◆ **Data for this task**:
....

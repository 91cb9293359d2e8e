//! The words for match fields (ovs-fields(7)).
ghost use Rattle.std.specs.{Prelude.◌≡◌, Option.option_copied};
ghost use Rattle.of_ovs_words.specs.FieldWords.{field_word_named, is_for_field as is_word_for, text_for as text_of, word_for as written_for};

use crate::keywords::{is_keyword, padded};
use crate::setting::field_for;
use of_layers::Field;
use of_wire::keyword;

/// Which field a word is for.
#[derive(Clone, Copy)]
pub enum Target {
    /// This one.
    Exact(Field),
    /// ARP_OP of ARP, else IP_PROTO.
    Protocol,
    /// ARP_SPA of ARP, else IPV4_SRC.
    NetworkSource,
    /// ARP_TPA of ARP, else IPV4_DST.
    NetworkDestination,
    /// TCP_SRC of TCP, UDP_SRC of UDP.
    TransportSource,
    /// TCP_DST of TCP, UDP_DST of UDP.
    TransportDestination,
    /// The type of ICMP or ICMPv6, else as `TransportSource`.
    SourceOrType,
    /// The code of ICMP or ICMPv6, else as `TransportDestination`.
    DestinationOrCode,
    /// ICMPV6_TYPE of IPv6, else ICMPV4_TYPE.
    IcmpType,
    /// ICMPV6_CODE of IPv6, else ICMPV4_CODE.
    IcmpCode,
}

/// How its value is written.
#[derive(Clone, Copy, PartialEq, Eq)]
pub enum Form {
    /// A number, which a mask may follow.
    Number,
    /// A port: its number, or its name where it is reserved.
    Port,
    /// An Ethernet address.
    Mac,
    /// An IPv4 address; the mask is one too, or a number of bits.
    Ipv4,
    /// An IPv6 address; the mask is one too, or a number of bits.
    Ipv6,
    /// The byte of the IP header that has DSCP in its upper six bits.
    Tos,
    /// A VLAN id, or 0xffff for no tag.
    Vlan,
    /// The two bytes of a VLAN tag, where the bit 0x1000 says that there is one.
    Tci,
}

/// A word for a match field: its text, which spaces fill up, which field it is for, and how its value is written.
#[derive(Clone, Copy)]
pub struct FieldWord {
    pub text: [u8; 20],
    pub target: Target,
    pub form: Form,
}

macro_rules! field {
    ($text:expr, Exact($field:ident), $form:ident) => {
        FieldWord {
            text: padded!($text),
            target: Target::Exact(Field::$field),
            form: Form::$form,
        }
    };
    ($text:expr, $target:ident, $form:ident) => {
        FieldWord {
            text: padded!($text),
            target: Target::$target,
            form: Form::$form,
        }
    };
}

/// Each word once. If several are for one field, the first one is written.
pub const FIELD_WORDS: [FieldWord; 41] = [
    field!(b"in_port", Exact(InPort), Port),
    field!(b"metadata", Exact(Metadata), Number),
    field!(b"dl_src", Exact(EthSrc), Mac),
    field!(b"eth_src", Exact(EthSrc), Mac),
    field!(b"dl_dst", Exact(EthDst), Mac),
    field!(b"eth_dst", Exact(EthDst), Mac),
    field!(b"dl_type", Exact(EthType), Number),
    field!(b"eth_type", Exact(EthType), Number),
    field!(b"dl_vlan", Exact(VlanVid), Vlan),
    field!(b"vlan_vid", Exact(VlanVid), Number),
    field!(b"dl_vlan_pcp", Exact(VlanPcp), Number),
    field!(b"vlan_pcp", Exact(VlanPcp), Number),
    field!(b"vlan_tci", Exact(VlanVid), Tci),
    field!(b"nw_tos", Exact(IpDscp), Tos),
    field!(b"ip_dscp", Exact(IpDscp), Number),
    field!(b"nw_ecn", Exact(IpEcn), Number),
    field!(b"ip_ecn", Exact(IpEcn), Number),
    field!(b"nw_proto", Protocol, Number),
    field!(b"ip_proto", Protocol, Number),
    field!(b"nw_src", NetworkSource, Ipv4),
    field!(b"ip_src", NetworkSource, Ipv4),
    field!(b"nw_dst", NetworkDestination, Ipv4),
    field!(b"ip_dst", NetworkDestination, Ipv4),
    field!(b"tp_src", SourceOrType, Number),
    field!(b"tp_dst", DestinationOrCode, Number),
    field!(b"tcp_src", Exact(TcpSrc), Number),
    field!(b"tcp_dst", Exact(TcpDst), Number),
    field!(b"udp_src", Exact(UdpSrc), Number),
    field!(b"udp_dst", Exact(UdpDst), Number),
    field!(b"icmp_type", IcmpType, Number),
    field!(b"icmp_code", IcmpCode, Number),
    field!(b"icmpv6_type", Exact(Icmpv6Type), Number),
    field!(b"icmpv6_code", Exact(Icmpv6Code), Number),
    field!(b"arp_op", Exact(ArpOp), Number),
    field!(b"arp_spa", Exact(ArpSpa), Ipv4),
    field!(b"arp_tpa", Exact(ArpTpa), Ipv4),
    field!(b"arp_sha", Exact(ArpSha), Mac),
    field!(b"arp_tha", Exact(ArpTha), Mac),
    field!(b"ipv6_src", Exact(Ipv6Src), Ipv6),
    field!(b"ipv6_dst", Exact(Ipv6Dst), Ipv6),
    field!(b"ipv6_label", Exact(Ipv6Flabel), Number),
];

impl FieldWord {
    /// The word of this text.
    #[tactic(auto, unfolding(crate::specs::FieldWords::field_word_named))]
    pub fn named(text: &[u8]) -> Option<FieldWord>
        ensures { result ≡ field_word_named text.now }
    {
        FIELD_WORDS
            .iter()
            .copied()
            .find(|word| is_keyword(&word.text, text))
    }

    // Whether the word is for that field, if no other setting says more.
    fn is_for(&self, field: Field) -> bool
        ensures { result ≡ is_word_for field self.now }
    {
        match field_for(self.target, &[]) {
            Some(exact) => exact.number() == field.number(),
            None => false,
        }
    }
}

// The word that is written for a field.
#[tactic(auto, unfolding(crate::specs::FieldWords::word_for))]
fn word_for(field: Field) -> Option<&'static FieldWord>
    ensures { option_copied result ≡ written_for field }
{
    FIELD_WORDS.iter().find(|word| word.is_for(field))
}

/// The text of the word that is written for a field.
pub fn text_for(field: Field) -> &'static [u8]
    ensures { result.now ≡ text_of field }
{
    match word_for(field) {
        Some(word) => keyword(&word.text),
        None => &[],
    }
}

....

◆ **Exercise prompt**: Return the material exactly. Leave out no line.

◆ **Exercise answer**:
repository 91cb9293359d2e8e
//! The words for match fields (ovs-fields(7)).
ghost use Rattle.std.specs.{Prelude.◌≡◌, Option.option_copied};
ghost use Rattle.of_ovs_words.specs.FieldWords.{field_word_named, is_for_field as is_word_for, text_for as text_of, word_for as written_for};

use crate::keywords::{is_keyword, padded};
use crate::setting::field_for;
use of_layers::Field;
use of_wire::keyword;

/// Which field a word is for.
#[derive(Clone, Copy)]
pub enum Target {
    /// This one.
    Exact(Field),
    /// ARP_OP of ARP, else IP_PROTO.
    Protocol,
    /// ARP_SPA of ARP, else IPV4_SRC.
    NetworkSource,
    /// ARP_TPA of ARP, else IPV4_DST.
    NetworkDestination,
    /// TCP_SRC of TCP, UDP_SRC of UDP.
    TransportSource,
    /// TCP_DST of TCP, UDP_DST of UDP.
    TransportDestination,
    /// The type of ICMP or ICMPv6, else as `TransportSource`.
    SourceOrType,
    /// The code of ICMP or ICMPv6, else as `TransportDestination`.
    DestinationOrCode,
    /// ICMPV6_TYPE of IPv6, else ICMPV4_TYPE.
    IcmpType,
    /// ICMPV6_CODE of IPv6, else ICMPV4_CODE.
    IcmpCode,
}

/// How its value is written.
#[derive(Clone, Copy, PartialEq, Eq)]
pub enum Form {
    /// A number, which a mask may follow.
    Number,
    /// A port: its number, or its name where it is reserved.
    Port,
    /// An Ethernet address.
    Mac,
    /// An IPv4 address; the mask is one too, or a number of bits.
    Ipv4,
    /// An IPv6 address; the mask is one too, or a number of bits.
    Ipv6,
    /// The byte of the IP header that has DSCP in its upper six bits.
    Tos,
    /// A VLAN id, or 0xffff for no tag.
    Vlan,
    /// The two bytes of a VLAN tag, where the bit 0x1000 says that there is one.
    Tci,
}

/// A word for a match field: its text, which spaces fill up, which field it is for, and how its value is written.
#[derive(Clone, Copy)]
pub struct FieldWord {
    pub text: [u8; 20],
    pub target: Target,
    pub form: Form,
}

macro_rules! field {
    ($text:expr, Exact($field:ident), $form:ident) => {
        FieldWord {
            text: padded!($text),
            target: Target::Exact(Field::$field),
            form: Form::$form,
        }
    };
    ($text:expr, $target:ident, $form:ident) => {
        FieldWord {
            text: padded!($text),
            target: Target::$target,
            form: Form::$form,
        }
    };
}

/// Each word once. If several are for one field, the first one is written.
pub const FIELD_WORDS: [FieldWord; 41] = [
    field!(b"in_port", Exact(InPort), Port),
    field!(b"metadata", Exact(Metadata), Number),
    field!(b"dl_src", Exact(EthSrc), Mac),
    field!(b"eth_src", Exact(EthSrc), Mac),
    field!(b"dl_dst", Exact(EthDst), Mac),
    field!(b"eth_dst", Exact(EthDst), Mac),
    field!(b"dl_type", Exact(EthType), Number),
    field!(b"eth_type", Exact(EthType), Number),
    field!(b"dl_vlan", Exact(VlanVid), Vlan),
    field!(b"vlan_vid", Exact(VlanVid), Number),
    field!(b"dl_vlan_pcp", Exact(VlanPcp), Number),
    field!(b"vlan_pcp", Exact(VlanPcp), Number),
    field!(b"vlan_tci", Exact(VlanVid), Tci),
    field!(b"nw_tos", Exact(IpDscp), Tos),
    field!(b"ip_dscp", Exact(IpDscp), Number),
    field!(b"nw_ecn", Exact(IpEcn), Number),
    field!(b"ip_ecn", Exact(IpEcn), Number),
    field!(b"nw_proto", Protocol, Number),
    field!(b"ip_proto", Protocol, Number),
    field!(b"nw_src", NetworkSource, Ipv4),
    field!(b"ip_src", NetworkSource, Ipv4),
    field!(b"nw_dst", NetworkDestination, Ipv4),
    field!(b"ip_dst", NetworkDestination, Ipv4),
    field!(b"tp_src", SourceOrType, Number),
    field!(b"tp_dst", DestinationOrCode, Number),
    field!(b"tcp_src", Exact(TcpSrc), Number),
    field!(b"tcp_dst", Exact(TcpDst), Number),
    field!(b"udp_src", Exact(UdpSrc), Number),
    field!(b"udp_dst", Exact(UdpDst), Number),
    field!(b"icmp_type", IcmpType, Number),
    field!(b"icmp_code", IcmpCode, Number),
    field!(b"icmpv6_type", Exact(Icmpv6Type), Number),
    field!(b"icmpv6_code", Exact(Icmpv6Code), Number),
    field!(b"arp_op", Exact(ArpOp), Number),
    field!(b"arp_spa", Exact(ArpSpa), Ipv4),
    field!(b"arp_tpa", Exact(ArpTpa), Ipv4),
    field!(b"arp_sha", Exact(ArpSha), Mac),
    field!(b"arp_tha", Exact(ArpTha), Mac),
    field!(b"ipv6_src", Exact(Ipv6Src), Ipv6),
    field!(b"ipv6_dst", Exact(Ipv6Dst), Ipv6),
    field!(b"ipv6_label", Exact(Ipv6Flabel), Number),
];

impl FieldWord {
    /// The word of this text.
    #[tactic(auto, unfolding(crate::specs::FieldWords::field_word_named))]
    pub fn named(text: &[u8]) -> Option<FieldWord>
        ensures { result ≡ field_word_named text.now }
    {
        FIELD_WORDS
            .iter()
            .copied()
            .find(|word| is_keyword(&word.text, text))
    }

    // Whether the word is for that field, if no other setting says more.
    fn is_for(&self, field: Field) -> bool
        ensures { result ≡ is_word_for field self.now }
    {
        match field_for(self.target, &[]) {
            Some(exact) => exact.number() == field.number(),
            None => false,
        }
    }
}

// The word that is written for a field.
#[tactic(auto, unfolding(crate::specs::FieldWords::word_for))]
fn word_for(field: Field) -> Option<&'static FieldWord>
    ensures { option_copied result ≡ written_for field }
{
    FIELD_WORDS.iter().find(|word| word.is_for(field))
}

/// The text of the word that is written for a field.
pub fn text_for(field: Field) -> &'static [u8]
    ensures { result.now ≡ text_of field }
{
    match word_for(field) {
        Some(word) => keyword(&word.text),
        None => &[],
    }
}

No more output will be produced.